After Chikara's one-year hiatus, Delirious returned to the promotion, re-joining BDK on October 26, 2014. On December 6 at Tomorrow Never Dies, Delirious was defeated by UltraMantis Black and was, as a result, forced to leave the promotion. After the match, Delirious used the Eye of Tyr to turn Hallowicked and Frightmare against UltraMantis.

===Pro Wrestling Noah (2009–2011)===
In late 2009 Delirious began working for Japanese wrestling promotion Pro Wrestling Noah, making his debut on October 15 in a tag team match, where he and Keith Walker defeated Makoto Hashi and Yoshinari Ogawa. The following day he entered the round robin stage of the 2009 Junior Heavyweight League, losing to Katsuhiko Nakajima in his first match in the tournament. On October 18 Delirious scored a major upset victory in his second match in the tournament, by defeating former three-time GHC Junior Heavyweight Champion Kenta and followed that up with another victory over Ricky Marvin on October 22. Despite losing his fourth match in the tournament to Kotaro Suzuki, Delirious made it to the semifinals of the tournament, where he was defeated by Jushin Thunder Liger on October 31. Delirious returned to Noah in April 2010 and on April 25 he received a shot at the GHC Junior Heavyweight Championship, but was defeated by the defending champion Yoshinobu Kanemaru. In July 2011, Delirious and fellow ROH performer, Eddie Edwards, took part in Noah's 2011 Nippon TV Cup Jr. Heavyweight Tag League. After two wins and two losses, Delirious and Edwards finished third in their block, missing the finals of the tournament.

=== Return to Impact Wrestling / TNA (2022–2023) ===
On September 23, 2022, Delirious made his return at Victory Road, where he was defeated by Mike Bailey for the Impact X Division Championship. on the September 29, 2022 episode of the Impact Wrestling, Delirious lost to Black Taurus. on the November 24, 2022 episode of Impact Wrestling Before The Impact, Delirious and Yuya Uemura lost to Raj Singh (wrestler), and Mahabali Shera. on the December 15 episode of the Impact Wrestling, Delirious lost to Eddie Edwards.

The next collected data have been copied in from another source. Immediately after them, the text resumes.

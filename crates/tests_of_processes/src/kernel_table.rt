// Tests that `KernelTable`, xv6's `kvmmake`, leads addresses to the right frames (`Row`: an access, an address and its walk)
// over both frame stores, and maps each slot's kernel stack (slot: a place in the process table); and, if too few frames are
// free, returns its seat.

ghost use Rattle.std.specs.Prelude.{◌≤◌, IfErr, IfOk};
ghost use Rattle.address_space.specs.Agreement.{HoldsTrampoline};
ghost use Rattle.frame_store.specs.Laws.{IsSeatOf, KeepsSeats};

use crate::rows::expect;
use address_space::KernelTable;
use frame_store::{FrameAccess, FrameSeat, FrameSupply, NoFrame, PlainFrames};
use shared_frames::SharedFrames;
use std::alloc::{AllocError, Global};
use std::sync::Wait;
use sv39_entry::{Access, Scheme, Va};
use table_walk::Walk;

/// An access to an address, and the outcome of its walk; `None`: it is a leaf, of another frame than that of the row before.
type Row = (Access, u64, Option<Walk>);

/// The outcomes of walks that end at a leaf of level 0: at byte 8 of frame 5, at the last eight bytes of frame 63, and at the
/// first and the second instruction in frame 0, that of the trampoline.
const AT_FRAME_5: Option<Walk> = Some(Walk::Leaf {
    word: 0x200014c7,
    level: 0,
    address: 0x80005008,
});

const AT_FRAME_63: Option<Walk> = Some(Walk::Leaf {
    word: 0x2000fcc7,
    level: 0,
    address: 0x8003fff8,
});

const AT_FRAME_0: Option<Walk> = Some(Walk::Leaf {
    word: 0x2000004b,
    level: 0,
    address: 0x80000000,
});

const IN_TRAMPOLINE: Option<Walk> = Some(Walk::Leaf {
    word: 0x2000004b,
    level: 0,
    address: 0x80000004,
});

const FETCH: Access = Access::Fetch;

const LOAD: Access = Access::Load;

const STORE: Access = Access::Store;

const NO_LOAD: Option<Walk> = Some(Walk::PageFault(13));

const NO_FETCH: Option<Walk> = Some(Walk::PageFault(12));

const NO_STORE: Option<Walk> = Some(Walk::PageFault(15));

/// For 64 frames and four stacks. The last address is not canonical in Sv39.
const IN_SV39: &[Row] = &[
    (LOAD, 0x80005008, AT_FRAME_5),
    (STORE, 0x80005008, AT_FRAME_5),
    (FETCH, 0x80005008, NO_FETCH),
    (LOAD, 0x8003fff8, AT_FRAME_63),
    (LOAD, 0x80040000, NO_LOAD),
    (LOAD, 0x7ffffff8, NO_LOAD),
    (FETCH, 0x80000000, AT_FRAME_0),
    (STORE, 0x80000000, NO_STORE),
    (FETCH, 0x3ffffff004, IN_TRAMPOLINE),
    (LOAD, 0x3fffffe000, NO_LOAD),
    (LOAD, 0x3fffffc000, NO_LOAD),
    (LOAD, 0x3fffff5000, NO_LOAD),
    (STORE, 0x3fffffd000, None),
    (STORE, 0x3fffffb000, None),
    (STORE, 0x3fffff9000, None),
    (STORE, 0x3fffff7000, None),
    (LOAD, 0xffffffff80005008, NO_LOAD),
    (LOAD, 0x8080005008, NO_LOAD),
];

/// The last address is canonical in Sv48, and another than that of frame 5.
const IN_SV48: &[Row] = &[
    (LOAD, 0x80005008, AT_FRAME_5),
    (STORE, 0x80005008, AT_FRAME_5),
    (FETCH, 0x80005008, NO_FETCH),
    (LOAD, 0x8003fff8, AT_FRAME_63),
    (LOAD, 0x80040000, NO_LOAD),
    (LOAD, 0x7ffffff8, NO_LOAD),
    (FETCH, 0x80000000, AT_FRAME_0),
    (STORE, 0x80000000, NO_STORE),
    (FETCH, 0x7ffffffff004, IN_TRAMPOLINE),
    (LOAD, 0x7fffffffe000, NO_LOAD),
    (LOAD, 0x7fffffffc000, NO_LOAD),
    (LOAD, 0x7fffffff5000, NO_LOAD),
    (STORE, 0x7fffffffd000, None),
    (STORE, 0x7fffffffb000, None),
    (STORE, 0x7fffffff9000, None),
    (STORE, 0x7fffffff7000, None),
    (LOAD, 0xffffffff80005008, NO_LOAD),
    (LOAD, 0x8080005008, NO_LOAD),
];

/// The physical address that a walk leads to; `None`: it faults.
fn place(walk: Walk) -> Option<u64> {
    match walk {
        Walk::Leaf { address, .. } => Some(address),
        _ => None,
    }
}

/// Whether a walk has the outcome of a row, after one that led to the address `before`.
fn is_right(walk: Walk, outcome: Option<Walk>, before: Option<u64>) -> bool {
    match outcome {
        Some(outcome) => walk == outcome,
        None => place(walk).is_some() && place(walk) != before,
    }
}

/// Builds the table for 64 frames and four stacks. Returns the first row whose walk has another outcome, and the table's
/// seat; `NoFrame` with the seat if too few frames are free.
fn first_wrong<S: FrameSeat, F: FrameSupply<Seat = S>>(
    store: &mut F,
    seat: S,
    scheme: Scheme,
    rows: &[Row],
) -> Result<(Option<Row>, S), (NoFrame, S)>
    requires fits { IsSeatOf F.invariant store.old seat }
    requires opening { HoldsTrampoline (S.view seat) }
    ensures keeps { IfOk result (λ r. KeepsSeats F.invariant store.old seat store.new r.1) }
    ensures keeps_dry { IfErr result (λ e. KeepsSeats F.invariant store.old seat store.new e.1) }
{
    let mut kernel = KernelTable::build(store, seat, scheme, 64, 4)?;
    let mut before = None;
    for row in rows {
        let (access, address, outcome) = *row;
        let walk = kernel.translate(store, Va(address), access);
        if !is_right(walk, outcome, before) {
            return Ok((Some(*row), kernel.seat));
        }
        before = place(walk);
    }
    Ok((None, kernel.seat))
}

/// The first wrong row, or `NoFrame` if the table could not be built; and the number of free frames then.
type Checked = (Result<Option<Row>, NoFrame>, usize);

fn over_plain(alloc: Global, scheme: Scheme, rows: &[Row]) -> Result<Checked, AllocError> {
    let (mut store, seat) = PlainFrames::new(alloc, 64)?;
    let wrong = match first_wrong(&mut store, seat, scheme, rows) {
        Ok((wrong, _)) => Ok(wrong),
        Err((refusal, _)) => Err(refusal),
    };
    Ok((wrong, store.report().free))
}

fn over_shared<R: Wait>(
    rt: &R,
    alloc: Global,
    scheme: Scheme,
    rows: &[Row],
) -> Result<Checked, AllocError> {
    let (frames, seat) = SharedFrames::new(alloc, 64)?;
    let mut supply = frames.supply(rt);
    let (wrong, seat) = match first_wrong(&mut supply, seat, scheme, rows) {
        Ok((wrong, seat)) => (Ok(wrong), seat),
        Err((refusal, seat)) => (Err(refusal), seat),
    };
    Ok((wrong, frames.close(seat).free))
}

const SV39: Scheme = Scheme::Sv39;

const SV48: Scheme = Scheme::Sv48;

/// A scheme, its rows, and the number of frames that the table leaves free.
static TABLES: [(Scheme, &'static [Row], usize); 2] = [(SV39, IN_SV39, 54), (SV48, IN_SV48, 52)];

#[test]
fn maps_alike_over_both_stores(rt: HostRuntime) {
    for number in 0..TABLES.len() {
        let (scheme, rows, free) = TABLES[number];
        let plain = over_plain(rt.alloc(), scheme, rows);
        expect(&rt, number, plain, Ok((Ok(None), free)));
        let shared = over_shared(&rt, rt.alloc(), scheme, rows);
        expect(&rt, number, shared, Ok((Ok(None), free)));
    }
}

/// Numbers of free frames, held frames and references, after a refusal.
type Accounts = (usize, usize, usize);

/// Builds a table that lacks one frame, with a stack more than there is room for in 16 frames, and then with the same seat one
/// of `slots` stacks. Returns the refusal, the accounts after it, and the number of free frames in the end; `None` if the first
/// is not refused or the second is.
fn built_after_refusal(
    alloc: Global,
    scheme: Scheme,
    slots: u16,
) -> Result<Option<(NoFrame, Accounts, usize)>, AllocError>
    requires some { 1 ≤ slots }
    requires few { slots ≤ 63 }
{
    let (mut store, seat) = PlainFrames::new(alloc, 16)?;
    let Err((refusal, seat)) = KernelTable::build(&mut store, seat, scheme, 16, slots + 1) else {
        return Ok(None);
    };
    let report = store.report();
    match KernelTable::build(&mut store, seat, scheme, 16, slots) {
        Ok(_) => Ok(Some((
            refusal,
            (report.free, report.held, report.references),
            store.report().free,
        ))),
        Err(_) => Ok(None),
    }
}

#[test]
fn gives_the_seat_back(rt: HostRuntime) {
    let wanted = Ok(Some((NoFrame, (15, 1, 1), 0)));
    expect(&rt, 0, built_after_refusal(rt.alloc(), SV39, 10), wanted);
    expect(&rt, 1, built_after_refusal(rt.alloc(), SV48, 8), wanted);
}
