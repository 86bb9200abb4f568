// Tests that `frames_needed` returns how many frames a process with two runs of pages takes; and that `Layout::grant` denies
// an access to the guard page by that rule, whatever rights its region has.

ghost use Rattle.std.specs.Prelude.{◌≡◌, ◌+◌, ◌≤◌, false, IsTrue, true};
ghost use Rattle.address_space.specs.Layouts.{region_of};
ghost use Rattle.process_model.specs.Order.{is_file};
ghost use Rattle.process_model.specs.Regions.{makes_leaf};

use crate::SCHEMES;
use crate::rows::expect;
use address_space::{Layout, Part, Region, RegionKind, Source, frames_needed};
use sv39_entry::{Access, Rights, Rule, Scheme, Va};

/// A readable segment of `pages` pages from page `first` on.
fn readable<'a>(first: u64, pages: u64) -> Part<'a>
    ensures first { result.region.first ≡ first }
    ensures pages { result.region.pages ≡ pages }
    ensures leafy { makes_leaf (region_of result.region) ≡ true }
    ensures without_file { is_file (region_of result.region).source ≡ false }
{
    let region = Region {
        first,
        pages,
        rights: Rights::READ,
        kind: RegionKind::Segment,
        source: Source::Image,
    };
    Part { region, bytes: &[] }
}

/// A run of pages: its first page, and the number of pages.
type Run = (u64, u32);

/// Whether a run of pages ends at or before page `end`.
fn is_before(run: Run, end: u64) -> bool
    ensures { IsTrue result → run.0 + run.1 ≤ end }
{
    let (first, pages) = (run.0, u64::from(run.1));
    first <= end && pages <= end - first
}

/// The number of frames that a process with two runs of pages takes; `None` unless `lower` ends at or before `upper` begins,
/// and `upper` ends at or before TRAPFRAME.
fn needed(scheme: Scheme, lower: Run, upper: Run) -> Option<usize> {
    if !is_before(lower, upper.0) || !is_before(upper, scheme.trapframe().page().number()) {
        return None;
    }
    let parts = [
        readable(lower.0, u64::from(lower.1)),
        readable(upper.0, u64::from(upper.1)),
    ];
    Some(frames_needed(scheme, &parts))
}

const SV39: Scheme = Scheme::Sv39;

const SV48: Scheme = Scheme::Sv48;

/// Two runs of pages, and the number of frames. Beside its pages a process takes a trapframe, a root table, and the tables
/// between the root and TRAPFRAME: two, or three under Sv48. A run takes one table for each aligned group of 512 pages that
/// it touches, one for each of 2^18, and under Sv48 one for each of 2^27. Each table counts once.
static COUNTS: [(Scheme, Run, Run, Option<usize>); 17] = [
    (SV39, (0, 1), (1, 1), Some(8)),
    (SV39, (0, 1), (2, 3), Some(10)),
    (SV39, (0, 512), (512, 1), Some(520)),
    (SV39, (0, 0), (511, 2), Some(9)),
    (SV39, (5, 0), (7, 0), Some(4)),
    (SV39, (0, 262_145), (262_145, 1), Some(262_665)),
    (SV39, (0, 1), (262_144, 600), Some(610)),
    (SV39, (510, 1), (67_108_350, 512), Some(520)),
    (SV39, (0, 1), (67_108_860, 2), Some(9)),
    (SV39, (3, 1), (262_143, 2), Some(12)),
    (SV39, (0, 1), (134_217_728, 1), None),
    (SV48, (0, 1), (1, 1), Some(10)),
    (SV48, (5, 0), (7, 0), Some(5)),
    (SV48, (3, 1), (262_143, 2), Some(14)),
    (SV48, (0, 1), (134_217_728, 1), Some(13)),
    (SV48, (134_217_727, 2), (34_359_737_854, 512), Some(526)),
    (SV48, (0, 1), (34_359_738_366, 1), None),
];

#[test]
fn counts_frames(rt: HostRuntime) {
    for number in 0..COUNTS.len() {
        let (scheme, lower, upper, count) = COUNTS[number];
        expect(&rt, number, needed(scheme, lower, upper), count);
    }
}

/// The guard is page 5, and its region grants loads.
#[test]
fn guards_a_readable_page(rt: HostRuntime) {
    for scheme in SCHEMES {
        let region = Region {
            first: 5,
            pages: 1,
            rights: Rights::READ,
            kind: RegionKind::Guard,
            source: Source::Image,
        };
        let layout = Layout::new(scheme, &[Part { region, bytes: &[] }]);
        let told = layout.grant(Access::Load, Va(0x5000), 1);
        expect(&rt, 0, told, Err(Rule::GuardPage));
    }
}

At Hard To Kill, Delirious competed in a Six-way match which was won by Kushida. On the January 19 episode of Impact Wrestling Before The Impact, Delirious and Yuya Uemura lost to Violent by Design (Kon and Angels).

=== Major League Wrestling (2022) ===
On October 30, 2022, Delirious made his Major League Wrestling Debut at Fightland, teaming with Mini Abismo Negro he was defeated by Microman and Lince Dorado.

== Personal life ==
On November 14, 2023, Johnston married former ROH Women of Honor competitor Mandy Leon. On July 18, 2024 it was announced that Delirious & his wife Mandy Leon are expecting a baby. Their daughter was born in August 31, 2024.

==Championships and accomplishments==
- Action Packed Wrestling
  - APW Championship (1 time)
- Central States Wrestling
  - CSW Cruiserweight Championship (1 time)
- Chikara
  - Campeonatos de Parejas (1 time) – with Hallowicked
- Independent Wrestling Association Mid-South
  - IWA Mid-South Light Heavyweight Championship (2 times)
  - ICW/ICWA Tex-Arkana Television Championship (5 times^{1})
- International Wrestling Cartel
  - IWC Super Indy Championship (2 times)
  - IWC Super Indy Tournament (2006)
- NWA Midwest
  - NWA Midwest X Division Championship (1 time)
- NWA Wildside
  - Super Indy Tournament (2004)
- Pro Wrestling Illustrated
  - Ranked No. 88 of the 500 top wrestlers in the PWI 500 in 2007
- Pro Wrestling Noah
  - NTV G+ Cup Jr. Heavyweight Tag League Fighting Spirit Award (2011) – with Eddie Edwards
- Ring of Honor
  - ROH Survival of the Fittest (2006)

^{1}This was a "gimmick" title that was defended under the "24/7 rule" by Larry Sweeney in a number of independent and regional promotions. Both Delirious and Colt Cabana held the title multiple times during a 3-Way Dance against Sweeney at an IWA Mid-South show on December 30, 2005.